# Project MLE - Spam filter

## Data preparation
Collect a dataset of emails labeled as spam or not spam.
Preprocess the emails by removing stop words, stemming, and converting text into numerical features.

In [None]:
import nltk
from nltk.corpus import stopwords
from nltk.stem import PorterStemmer
from sklearn.feature_extraction.text import CountVectorizer

# Download stop words and initialize stemmer
nltk.download('stopwords')
stop_words = stopwords.words('english')
stemmer = PorterStemmer()

# Define function to preprocess text
def preprocess(text):
    # Convert to lowercase and remove punctuation
    text = text.lower().replace('[^\w\s]','')

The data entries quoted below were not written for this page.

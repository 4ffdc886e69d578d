ghost use Rattle.std.specs.Prelude.{◌≡◌, ◌↔◌, ◌≤◌, IfOk, OnOk, IsTrue, MatchOption, length, take};
ghost use Rattle.cat_names.specs.Paths as spec;

use crate::SchemaRow;
use q_base::{ListOf, NoMemory, SchemaId, SchemaList, Str};
use std::alloc::Global;

/// The schema of a name, or `None` where there is none.
pub fn schema_named(schemas: &[SchemaRow], name: &str) -> Option<SchemaId>
    ensures { result ≡ spec.schema_named schemas.now name.now }
{
    for schema in schemas {
        if schema.name.as_str() == name {
            return Some(schema.id);
        }
    }
    None
}

/// The schemas of a search path that exist, in order, each once (PostgreSQL's manual, "The Schema Search
/// Path", without the schema of temporary tables and without pg_catalog).
pub fn effective(alloc: Global, path: &[Str], schemas: &[SchemaRow]) -> Result<SchemaList, NoMemory>
    ensures { IfOk result (λ found. found ≡ spec.effective path.now schemas.now) }
{
    let mut found = ListOf::new(alloc);
    for name in path {
        add_once(&mut found, schema_named(schemas, name.as_str()))?;
    }
    Ok(found)
}

#[tactic(auto, unfolding(crate::specs::Paths::with_schema))]
fn add_once(found: &mut SchemaList, schema: Option<SchemaId>) -> Result<(), NoMemory>
    ensures { OnOk result (found.new ≡ spec.with_schema schema found.old) }
{
    match schema {
        Some(id) => {
            if is_listed(found.as_slice(), id) {
                Ok(())
            } else {
                found.push(id)
            }
        }
        None => Ok(()),
    }
}

fn is_listed(ids: &[SchemaId], id: SchemaId) -> bool
    ensures { result ≡ spec.is_listed id ids.now }
{
    for other in ids {
        if other.0 == id.0 {
            return true;
        }
    }
    false
}

/// Tells whether a search path's existing schemas are those of `kept`; it takes no memory.
pub fn same_effective(path: &[Str], schemas: &[SchemaRow], kept: &SchemaList) -> bool
    ensures { IsTrue result ↔ (spec.effective path.now schemas.now ≡ kept.now) }
{
    let kept = kept.as_slice();
    let mut count = 0;
    for name in path {
        match count_with(kept, count, schema_named(schemas, name.as_str())) {
            Some(more) => count = more,
            None => return false,
        }
    }
    count == kept.len()
}

/// How many schemas of `kept` were met once `schema` is, where `count` were before; `None` where it isn't the next of
/// them.
#[tactic(auto, unfolding(crate::specs::Paths::with_schema))]
fn count_with(kept: &[SchemaId], count: usize, schema: Option<SchemaId>) -> Option<usize>
    requires { count ≤ length kept.now }
    ensures { MatchOption result (spec.Differs kept.now count schema) (λ more. (more ≤ length kept.now) × (take more kept.now ≡ spec.with_schema schema (take count kept.now))) }
{
    match schema {
        Some(id) if !is_listed(&kept[..count], id) => match kept.get(count) {
            Some(next) if next.0 == id.0 => Some(count + 1),
            _ => None,
        },
        _ => Some(count),
    }
}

    # Tokenize and remove stop words
    words = nltk.word_tokenize(text)
    words = [word for word in words if word not in stop_words]

    # Stem words
    words = [stemmer.stem(word) for word in words]

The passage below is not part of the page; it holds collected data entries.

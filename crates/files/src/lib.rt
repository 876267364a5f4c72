//! Files, read whole and written whole; and pages, sent whole.
#![tactic(auto)]

mod why;

use page::Page;
use std::fs::OpenOptions;
use std::io::{Error, Read, Write};
use std::{fs, io};
use text::part;
pub use why::fail;

/// The bytes that are read at most: one more than a file may have.
pub const MOST: usize = 131072;

// The bytes of a file that are looked at at a time, where it is not kept.
const PIECE: usize = 4096;

// The longest path of a file with the end that its side file has.
const PATH_ROOM: usize = 4104;

/// Sends the rest of a page, and says so where some of it was lost.
pub fn send(page: Page) {
    let errors = page.aside();
    if let Some(e) = page.loss() {
        fail(errors, b"desk: standard output", e);
    }
}

/// Sends a page to standard error. Where that fails there is nowhere left to say so.
pub fn complain(page: Page) {
    page.done();
}

// The error of a path that is no text.
const NO_TEXT: i32 = 84;

// A path as the system takes it.
fn path_of(path: &[u8]) -> io::Result<&str> {
    str::from_utf8(path).map_err(|_| Error::from_raw_os_error(NO_TEXT))
}

/// Opens a file to read it.
pub fn open(rt: &HostRuntime, path: &[u8]) -> io::Result<fs::File> {
    fs::File::open(rt, path_of(path)?)
}

/// Opens a file to read it and to write over its bytes.
pub fn open_update(rt: &HostRuntime, path: &[u8]) -> io::Result<fs::File> {
    let mut how = OpenOptions::new();
    how.read(true).write(true);
    how.open(rt, path_of(path)?)
}

// Makes a file that is not there yet, and opens it to write; not by `File::create_new`, which asks to read it as well: a folder may
// allow the one and not the other.
fn open_new(rt: &HostRuntime, path: &[u8]) -> io::Result<fs::File> {
    let mut how = OpenOptions::new();
    how.write(true).create_new(true);
    how.open(rt, path_of(path)?)
}

// Reads to the end, or as many bytes as are read at most.
fn read_all(rt: &HostRuntime, file: &fs::File) -> io::Result<Vec<u8>> {
    let mut bytes = Vec::new(rt.alloc());
    file.take(MOST as u64).read_to_end(&mut bytes)?;
    Ok(bytes)
}

/// Reads what is open, and leaves it open. Where there is nothing to hand back, it was said why.
pub fn read_open(rt: &HostRuntime, file: &fs::File, path: &[u8]) -> Option<Vec<u8>> {
    match read_all(rt, file) {
        Ok(bytes) if bytes.len() < MOST => Some(bytes),
        Ok(_) => {
            let over = Page::errors(rt).put(path);
            complain(over.line(
                b": over 131,071 bytes, and no plan and no text of jobs or tables is",
            ));
            None
        }
        Err(e) => {
            fail(Page::errors(rt), path, e);
            None
        }
    }
}

/// Reads a file. Where there is nothing to hand back, it was said why.
pub fn read(rt: &HostRuntime, path: &[u8]) -> Option<Vec<u8>> {
    match open(rt, path) {
        Ok(file) => read_open(rt, &file, path),
        Err(e) => {
            fail(Page::errors(rt), path, e);
            None
        }
    }
}

// Whether what is left of a file is just these bytes. It is not kept: no memory can run out here. A proved loop ends, so it has
// a bound: no plan has as many bytes, and each read but the last gives one.
fn holds(file: &fs::File, bytes: &[u8]) -> io::Result<bool> {
    let mut piece = [0u8; PIECE];
    let mut from = file;
    let mut left = bytes;
    for _ in 0..MOST {
        let k = from.read(&mut piece)?;
        if k == 0 {
            return Ok(left.is_empty());
        }
        let Some(rest) = left.strip_prefix(part(&piece, 0, k)) else {
            return Ok(false);
        };
        left = rest;
    }
    Ok(false)
}

/// Whether a file is there that has just these bytes.
pub fn has(rt: &HostRuntime, path: &[u8], bytes: &[u8]) -> bool {
    match open(rt, path) {
        Ok(file) => holds(&file, bytes).unwrap_or(false),
        Err(_) => false,
    }
}

// Writes all, and has it on the disk.
fn put_all(file: &fs::File, bytes: &[u8]) -> io::Result<()> {
    let mut to = file;
    to.write_all(bytes)?;
    file.sync_all()
}

// Takes a file away again.
fn unlink(rt: &HostRuntime, path: &[u8]) -> io::Result<()> {
    fs::remove_file(rt, path_of(path)?)
}

// Gives a file another name.
fn rename(rt: &HostRuntime, from: &[u8], to: &[u8]) -> io::Result<()> {
    fs::rename(rt, path_of(from)?, path_of(to)?)
}

// Gives a side file the name of the path; where that fails, takes it away again.
fn put_in_place(rt: &HostRuntime, side: &[u8], path: &[u8]) -> io::Result<()> {
    let renamed = rename(rt, side, path);
    if renamed.is_err() {
        let _ = unlink(rt, side);
    }
    renamed
}

// Makes a file of these bytes that is not there yet, whole or not at all.
fn fill(rt: &HostRuntime, path: &[u8], bytes: &[u8]) -> io::Result<()> {
    let file = open_new(rt, path)?;
    let filled = put_all(&file, bytes);
    if filled.is_err() {
        let _ = unlink(rt, path);
    }
    filled
}

// Whether something was done with a file. Where not, it is said why.
fn is_done(rt: &HostRuntime, path: &[u8], done: io::Result<()>) -> bool {
    match done {
        Ok(()) => true,
        Err(e) => {
            fail(Page::errors(rt), path, e);
            false
        }
    }
}

// The path with another end. The room is an array and no `Vec`: what is told of a path that is too long for it stays, and no
// memory can run out here.
fn side_of<'a>(room: &'a mut [u8], path: &[u8]) -> &'a [u8] {
    let at = text::put(room, 0, path);
    let end = text::put(room, at, b".new");
    part(room, 0, end)
}

/// Says that a file was not written, after it was said why.
pub fn unwritten(rt: &HostRuntime, path: &[u8]) {
    complain(Page::errors(rt).put(path).line(b" was not written"));
}

/// Writes a file, whole or not at all: first beside it, as PATH.new, and then by a new name.
pub fn write(rt: &HostRuntime, path: &[u8], bytes: &[u8]) -> bool {
    let mut room = [0u8; PATH_ROOM];
    let side = side_of(&mut room, path);
    let is_written = is_done(rt, side, fill(rt, side, bytes))
        && is_done(rt, path, put_in_place(rt, side, path));
    if !is_written {
        unwritten(rt, path);
    }
    is_written
}

/// Writes a file that is not there yet: one that is there stays as it is.
pub fn create(rt: &HostRuntime, path: &[u8], bytes: &[u8]) -> bool {
    let is_made = is_done(rt, path, fill(rt, path, bytes));
    if !is_made {
        unwritten(rt, path);
    }
    is_made
}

    # Join words back into a single string
    text = ' '.join(words)
    
    return text

# Example usage
text = "This is an example sentence. It contains multiple sentences!"
preprocessed_text = preprocess(text)
print(preprocessed_text)

## Model training
Create a statistical model, such as Naive Bayes or logistic regression, to predict whether an email is spam or not spam.
Use MLE to estimate the model parameters that maximize the likelihood of the training data.

In [None]:
from sklearn.naive_bayes import MultinomialNB

# Load preprocessed data and labels
X_train, y_train = load_data()

# Create bag-of-words vectorizer
vectorizer = CountVectorizer()

# Convert text to bag-of-words features
X_train_bow = vectorizer.fit_transform(X_train)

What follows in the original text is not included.